(Stored data)
▬▬▬▬▬▬
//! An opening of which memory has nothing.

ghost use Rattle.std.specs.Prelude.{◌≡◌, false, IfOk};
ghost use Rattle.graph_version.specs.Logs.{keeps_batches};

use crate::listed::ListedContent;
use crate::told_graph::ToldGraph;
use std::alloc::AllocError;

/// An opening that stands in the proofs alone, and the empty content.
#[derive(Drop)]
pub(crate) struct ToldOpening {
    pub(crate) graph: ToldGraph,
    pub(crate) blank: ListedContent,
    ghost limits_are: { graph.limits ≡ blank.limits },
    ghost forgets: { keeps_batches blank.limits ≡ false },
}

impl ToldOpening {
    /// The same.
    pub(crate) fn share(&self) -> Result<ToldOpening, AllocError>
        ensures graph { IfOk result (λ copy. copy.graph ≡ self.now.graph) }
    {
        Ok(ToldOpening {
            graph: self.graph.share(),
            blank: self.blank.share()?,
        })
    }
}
▬▬▬▬▬▬
PROBLEM DESCRIPTION: Give back all of the records exactly as they were provided above.

FINISHED TASK:
//! An opening of which memory has nothing.

ghost use Rattle.std.specs.Prelude.{◌≡◌, false, IfOk};
ghost use Rattle.graph_version.specs.Logs.{keeps_batches};

use crate::listed::ListedContent;
use crate::told_graph::ToldGraph;
use std::alloc::AllocError;

/// An opening that stands in the proofs alone, and the empty content.
#[derive(Drop)]
pub(crate) struct ToldOpening {
    pub(crate) graph: ToldGraph,
    pub(crate) blank: ListedContent,
    ghost limits_are: { graph.limits ≡ blank.limits },
    ghost forgets: { keeps_batches blank.limits ≡ false },
}

impl ToldOpening {
    /// The same.
    pub(crate) fn share(&self) -> Result<ToldOpening, AllocError>
        ensures graph { IfOk result (λ copy. copy.graph ≡ self.now.graph) }
    {
        Ok(ToldOpening {
            graph: self.graph.share(),
            blank: self.blank.share()?,
        })
    }
}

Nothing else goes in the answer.